There are two major expenses which rise faster than normal inflation rates with great consistency – healthcare costs and college costs.
I suspect college costs will tend to slow their inflationary factor down to something more normalized, as more and more colleges embrace technology to deliver education and reduce their expenses.
Healthcare costs… I fear the opposite may be true! In fact, at this rate your Social Security check will barely cover your healthcare costs in retirement!
$321,000 in retirement healthcare costs?
According to the healthcare article here, “For a 55-year-old couple retiring 10 years from now, their expected lifetime costs for Medicare and Medigap are projected at nearly $321,000. When dental, vision and hearing costs as well as co-pays and other out-of-pocket costs are included, their projected lifetime costs rise to more than $463,800.” If you haven’t added or properly assessed your potential healthcare costs in your retirement plan, you’re in for a rude awakening!
“HealthView Services’ Retirement Health Cost Index projects that total health care costs will consume 67% of lifetime Social Security bene5ts for a 66-year-old couple retiring at their full retirement age this year.” That’s a downright scary fact! You want that boat or that fancy trip to Europe? Think again!
Think that’s bad so far? Those estimates are for low income retirees. If your modified adjusted gross income is too high your medicare surcharges will be outrageous! For MAGI over 170K (married) or 85K (single) your medicare surcharges may rise another 35% to 200%!

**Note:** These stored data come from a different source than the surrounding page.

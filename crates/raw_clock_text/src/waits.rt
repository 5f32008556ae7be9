//! In how many cycles processors waited for wires, put line by line.
ghost use Rattle.std.specs.Prelude.{◌≡◌, ℕ, ◌<◌, None, IfSome, length, slice_index_or};
ghost use Rattle.std.specs.List.{flat_map, range_with_len};
ghost use Rattle.raw_io.specs.Writing.{Writes};
ghost use Rattle.raw_grid.specs.Topology.{proc_count};
ghost use Rattle.raw_grid.specs.Wires.{wires_of};
ghost use Rattle.raw_model.specs.Waits.{inputs_at, outputs_at, other_end};
ghost use Rattle.raw_clock_text.specs.Text.{wire_waits, waits_of, wait_lines};
ghost use Rattle.raw_clock_text.specs.Waits.{waits_at};

use crate::counted::CountedRun;
use crate::lines::wait_line;
use raw_grid::{ProcId, Topo, WireId};
use raw_io::{Failed, Sink};
use raw_state_text::put_line;

// The processor at the other end of a wire at a processor.
fn other_end(topo: &Topo, p: ProcId, wire: WireId) -> ProcId
    requires { wire.0 < length (wires_of topo.now) }
    ensures { result.0 ≡ other_end topo.now p.0 wire.0 }
{
    let consumer = topo.consumer(wire);
    if consumer == p {
        topo.producer(wire)
    } else {
        consumer
    }
}

// Puts the line of the waits of a processor for the wire at one of its ends, where it is there and the processor waited
// for it.
fn put_wait<K: Sink>(
    topo: &Topo,
    p: ProcId,
    wire: Option<u32>,
    waits: &[u64],
    out: &mut K,
) -> Result<(), Failed>
    requires { IfSome wire (λ w. (w < length (wires_of topo.now)) × (w < length waits.now)) }
    ensures { Writes (K.sight out.old) (K.sight out.new)
        (waits_at topo.now p.0 waits.now wire) result }
{
    match wire {
        Some(w) => {
            let other = other_end(topo, p, WireId(w));
            put_line(&wait_line(p, WireId(w), other, waits[w as usize]), out)
        }
        None => Ok(()),
    }
}

// Puts the lines of the waits of a processor for the wires at its ends, by the ends.
fn put_ends<K: Sink>(
    topo: &Topo,
    p: ProcId,
    wires: &[Option<u32>; 10],
    waits: &[u64],
    out: &mut K,
) -> Result<(), Failed>
    requires { (end : ℕ) → end < 10 →
        IfSome (slice_index_or wires.now end None) (λ w. (w < length (wires_of topo.now)) × (w < length waits.now)) }
    ensures { Writes (K.sight out.old) (K.sight out.new)
        (flat_map (λ end. waits_at topo.now p.0 waits.now (slice_index_or wires.now end None)) (range_with_len 0 10)) result }
{
    for end in 0..10 {
        put_wait(topo, p, wires[end], waits, out)?;
    }
    Ok(())
}

// Puts the lines of the waits of a processor for its inputs.
fn put_inputs<K: Sink>(run: &CountedRun<'_, '_>, p: ProcId, out: &mut K) -> Result<(), Failed>
    requires { p.0 < proc_count run.now.machine.now.set.topo }
    ensures { Writes (K.sight out.old) (K.sight out.new)
        (flat_map (wire_waits run.now.machine.now.set run.now.counts.now.cycles p.0) (inputs_at run.now.machine.now.set.topo p.0)) result }
{
    let topo = &run.machine.set().topo;
    put_ends(
        topo,
        p,
        &run.machine.ends(p).inputs,
        &run.counts.tally.inputs,
        out,
    )
}

// Puts the lines of the waits of a processor for its outputs.
fn put_outputs<K: Sink>(run: &CountedRun<'_, '_>, p: ProcId, out: &mut K) -> Result<(), Failed>
    requires { p.0 < proc_count run.now.machine.now.set.topo }
    ensures { Writes (K.sight out.old) (K.sight out.new)
        (flat_map (wire_waits run.now.machine.now.set run.now.counts.now.cycles p.0) (outputs_at run.now.machine.now.set.topo p.0)) result }
{
    let topo = &run.machine.set().topo;
    put_ends(
        topo,
        p,
        &run.machine.ends(p).outputs,
        &run.counts.tally.outputs,
        out,
    )
}

// Puts the lines of the waits of a processor, for its inputs and then for its outputs.
#[tactic(auto, using(raw_io::proofs::Chains::chained))]
fn put_processor<K: Sink>(run: &CountedRun<'_, '_>, p: ProcId, out: &mut K) -> Result<(), Failed>
    requires { p.0 < proc_count run.now.machine.now.set.topo }
    ensures { Writes (K.sight out.old) (K.sight out.new)
        (waits_of run.now.machine.now.set run.now.counts.now.cycles p.0) result }
{
    put_inputs(run, p, out)?;
    put_outputs(run, p, out)
}

/// Puts the lines of all waits, by the processors.
pub(crate) fn put_waits<K: Sink>(run: &CountedRun<'_, '_>, out: &mut K) -> Result<(), Failed>
    ensures { Writes (K.sight out.old) (K.sight out.new)
        (wait_lines run.now.machine.now.set run.now.counts.now.cycles) result }
{
    for p in 0..run.machine.procs() {
        put_processor(run, ProcId(p), out)?;
    }
    Ok(())
}
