//! The writer: each word that comes from a queue is written as a line.
ghost use Rattle.std.specs.Prelude.{◌≡◌, []};
ghost use Rattle.raw_live.specs.Items.{got_line};
ghost use Rattle.raw_live.specs.Written.{Wrote};

use raw_io::{Failed, Sink};
use raw_queue::{Item, Receiver};
use raw_state_text::{Line, put_line};
use std::sync::Wait;

/// How the items of a queue came to an end.
#[derive(Clone, Copy, PartialEq, Eq, Drop)]
pub enum Finish {
    /// The item came that says so.
    Ended,
    /// The other end hung up before.
    HungUp,
}

// The line of a word for this port.
#[tactic(auto, unfolding(crate::specs::Items::got_line))]
fn got_line(port: u32, word: u32) -> Line
    ensures { result ≡ got_line port word }
{
    let mut line = Line::new();
    line.push_text(b"got ");
    line.push_number(u64::from(port));
    line.push_text(b" ");
    line.push_word(word);
    line.push_text(b"\n");
    line
}

/// Takes from a queue until its items end or a write fails, and writes each word as it comes: a line `got P w`, where `P`
/// is the number of its port, in decimal, and `w` the word, as eight lower case hexadecimal digits. Each line is put in
/// one call of the sink, or in as many as it needs to take it. It takes no memory.
///
/// After `Failed` nothing more is taken or written: a front of the last line may stand on the sink,
/// and not all of it.
///
/// As no clause of a queue says when its other end has hung up, none here says when `HungUp` comes: the tests do, and the
/// queue's `close` tells how many items were left.
pub fn write_words<R: Wait, K: Sink>(
    rt: &R,
    from: &mut Receiver<'_>,
    out: &mut K,
) -> Result<Finish, Failed>
    requires { from.old.items ≡ [] }
    ensures queue { from.new.queue ≡ from.old.queue }
    ensures wrote { Wrote (K.sight out.old) (K.sight out.new) from.new.items result }
{
    for _ in rt.forever() {
        match from.take_wait(rt) {
            None => return Ok(Finish::HungUp),
            Some(Item::End) => return Ok(Finish::Ended),
            Some(Item::Word { port, word }) => {
                if let Err(failed) = put_line(&got_line(port, word), out) {
                    return Err(failed);
                }
            }
        }
    }
    unreachable!()
}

We see this everyday, in fact every time we review our client retirement plans we always put a heavy focus on expected healthcare costs in retirement.
If you’re not calculating retirement healthcare costs appropriately, you could be headed for disaster! And if you’re on the borderline for medicare surcharges, you’d better be watching your investments and cash flows like a hawk to make sure you don’t cross that threshold.